**TASK INSTRUCTIONS:**
When you reach the line with "let form = claim.form;" in the data below, begin printing lines exactly, and stop once the line with "gate. The log is" has been printed.

**SUPPLIED DATA:**

//! The check of a log in pieces, by several workers.

ghost use Rattle.std.specs.Prelude.{◌≡◌, ◌<◌, ◌≤◌, ◌+◌, ◌^◌, ◌↔◌, [], ◌∷◌, length, All, IsNone, IfSome, IfOk};
ghost use Rattle.clause_base.specs.Literal.{AreWithin};
ghost use Rattle.clause_base.specs.Acceptance.{IsAccepted, IsLeastRefused, Follows};
ghost use Rattle.proof_check.specs.Claims.{AreKnown, Cover, FoundAfter, FoundIn, IsPiece};
ghost use Rattle.proof_check.specs.Pieced.{AreFound, CanSearch, first_of};

use crate::checker::Checker;
use crate::claim::{BadStep, Claim, Piece};
use crate::piece::{answer_of, blocks_up_to_end};
use clause_base::{Form, Log, is_within};
use loc_base::{Gate, NoMemory, Workers};
use std::alloc::Global;
use std::thread::{Threads, map_chunks};

/// How many steps stand before the first one with a variable that the form doesn't have.
fn known_steps(form: &Form, log: &Log) -> usize
    requires { AreWithin form.now.vars form.now.clauses }
    ensures { AreKnown form.now.vars form.now.clauses log.now result }
{
    for place in 0..log.len() {
        if !is_within(log.clause(place), form.vars) {
            return place;
        }
    }
    log.len()
}

/// How many steps each piece but the last has.
fn piece_length(steps: usize, workers: u32) -> usize
    requires some { 0 < workers }
    requires few { steps < 2 ^ 32 }
    ensures some { 0 < result }
    ensures few { result < 2 ^ 32 }
{
    steps.div_ceil(workers as usize).max(1)
}

/// The steps of the log in pieces of so many steps; the last may be shorter.
fn pieces_of(alloc: Global, log: &Log, size: usize) -> Result<Vec<Piece>, NoMemory>
    requires some { 0 < size }
    requires few { size < 2 ^ 32 }
    requires steps { length log.now < 2 ^ 32 }
    ensures pieces { IfOk result (λ pieces. All (IsPiece log.now) pieces.items) }
    ensures cover { IfOk result (λ pieces. Cover 0 (length log.now) pieces.items) }
    ensures few { IfOk result (λ pieces. length pieces.items < 2 ^ 32) }
{
    let mut pieces = Vec::new(alloc);
    let mut from = 0;
    let mut seen = 0;
    while from < log.len() {
        let piece = Piece {
            from,
            end: log.len().min(from + size),
            seen,
        };
        pieces.push(piece)?;
        seen = blocks_up_to_end(log, piece);
        from = piece.end;
    }
    Ok(pieces)
}

/// The first step of a piece that isn't accepted, where those before the piece are. A piece behind a step with a variable
/// that the form doesn't have isn't gone over: that step is refused before.
fn check_piece(
    alloc: Global,
    claim: &Claim,
    known: usize,
    piece: Piece,
) -> Result<Option<BadStep>, NoMemory>
    requires can { CanSearch claim.now.form.now claim.now.blocks.now claim.now.log.now known }
    requires piece { IsPiece claim.now.log.now piece }
    ensures { IfOk result (FoundAfter claim.now.form.now.clauses claim.now.blocks.now claim.now.log.now piece.from piece.end) }
{
    if known < piece.from {
        return Ok(None);
    }
    let mut checker = Checker::new(alloc, claim.form.vars)?;
    Ok(checker.first_refused(claim, piece))
}

/// The first answer that isn't that nothing was found.
fn first_found(answers: &[Result<Option<BadStep>, NoMemory>]) -> Result<Option<BadStep>, NoMemory>
    ensures { result ≡ first_of answers.now }
{
    match answers.split_first() {
        Some((first, rest)) => match first {
            Ok(None) => first_found(rest),
            Ok(Some(found)) => Ok(Some(*found)),
            Err(e) => Err(*e),
        },
        None => Ok(None),
    }
}

/// The only piece of a list.
fn only_piece(pieces: &[Piece]) -> Piece
    requires { length pieces.now ≡ 1 }
    ensures { pieces.now ≡ result ∷ [] }
{
    pieces[0]
}

/// The first step that isn't accepted, each piece being checked by a worker.
fn search_pieces<R: Threads + Sync, G: Gate + Sync>(
    alloc: Global,
    workers: &Workers<'_, R, G>,
    claim: &Claim<'_>,
    pieces: &[Piece],
) -> Result<Option<BadStep>, NoMemory>
    requires form_within { AreWithin claim.now.form.now.vars claim.now.form.now.clauses }
    requires blocks_within { AreWithin claim.now.form.now.vars claim.now.blocks.now }
    requires steps { length claim.now.log.now + 1 < 2 ^ 32 }
    requires pieces { All (IsPiece claim.now.log.now) pieces.now }
    requires cover { Cover 0 (length claim.now.log.now) pieces.now }
    requires few { length pieces.now < 2 ^ 32 }
    ensures { IfOk result (FoundIn claim.now.form.now.clauses claim.now.blocks.now claim.now.log.now 0 (length claim.now.log.now)) }
{
    let known = known_steps(claim.form, claim.log);
    let gate = workers.gate;
    let form = claim.form;
    let blocks = claim.blocks;
    let log = claim.log;
    let search = |number: usize, part: &[Piece]| -> Result<Option<BadStep>, NoMemory>
        requires { CanSearch form.now blocks.now log.now known × All (IsPiece log.now) part.now × (length part.now ≡ 1) × (number < 2 ^ 32) }
        ensures { IfOk result (AreFound form.entry.now blocks.entry.now log.entry.now part.now) }
    {
        gate.enter(number as u32);
        let claim = Claim { form, blocks, log };
        check_piece(alloc, &claim, known, only_piece(part))
    };
    let answers = map_chunks(workers.runtime, alloc, pieces, 1, &search)?;
    first_found(&answers)
}

/// What `Checker::check_log` answers, by so many workers: the same for every number of workers and every gate. The log is
/// cut into as many pieces as there are workers, or fewer, each of which passes the gate once and has a checker of its own.
pub fn check_log_parallel<R: Threads + Sync, G: Gate + Sync>(
    alloc: Global,
    workers: &Workers<'_, R, G>,
    claim: &Claim<'_>,
) -> Result<Option<BadStep>, NoMemory>
    requires form_within { AreWithin claim.now.form.now.vars claim.now.form.now.clauses }
    requires blocks_within { AreWithin claim.now.form.now.vars claim.now.blocks.now }
    requires few { length claim.now.log.now + 1 < 2 ^ 32 }
    requires some { 0 < workers.now.count }
    requires most { workers.now.count ≤ 64 }
    ensures accepted { IfOk result (λ found. IsNone found ↔ IsAccepted claim.now.form.now.clauses claim.now.blocks.now claim.now.log.now) }
    ensures least { IfOk result (λ found. IfSome found (λ bad. IsLeastRefused claim.now.form.now.clauses claim.now.blocks.now claim.now.log.now bad.n)) }
    ensures sound { IfOk result (λ found. IsNone found → Follows claim.now.form.now.clauses claim.now.blocks.now claim.now.log.now) }
{
    let size = piece_length(claim.log.len(), workers.count);
    let pieces = pieces_of(alloc, claim.log, size)?;
    let found = search_pieces(alloc, workers, claim, &pieces)?;
    Ok(answer_of(claim, found))
}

**EXERCISE RESPONSE:**
    let form = claim.form;
    let blocks = claim.blocks;
    let log = claim.log;
    let search = |number: usize, part: &[Piece]| -> Result<Option<BadStep>, NoMemory>
        requires { CanSearch form.now blocks.now log.now known × All (IsPiece log.now) part.now × (length part.now ≡ 1) × (number < 2 ^ 32) }
        ensures { IfOk result (AreFound form.entry.now blocks.entry.now log.entry.now part.now) }
    {
        gate.enter(number as u32);
        let claim = Claim { form, blocks, log };
        check_piece(alloc, &claim, known, only_piece(part))
    };
    let answers = map_chunks(workers.runtime, alloc, pieces, 1, &search)?;
    first_found(&answers)
}

/// What `Checker::check_log` answers, by so many workers: the same for every number of workers and every gate. The log is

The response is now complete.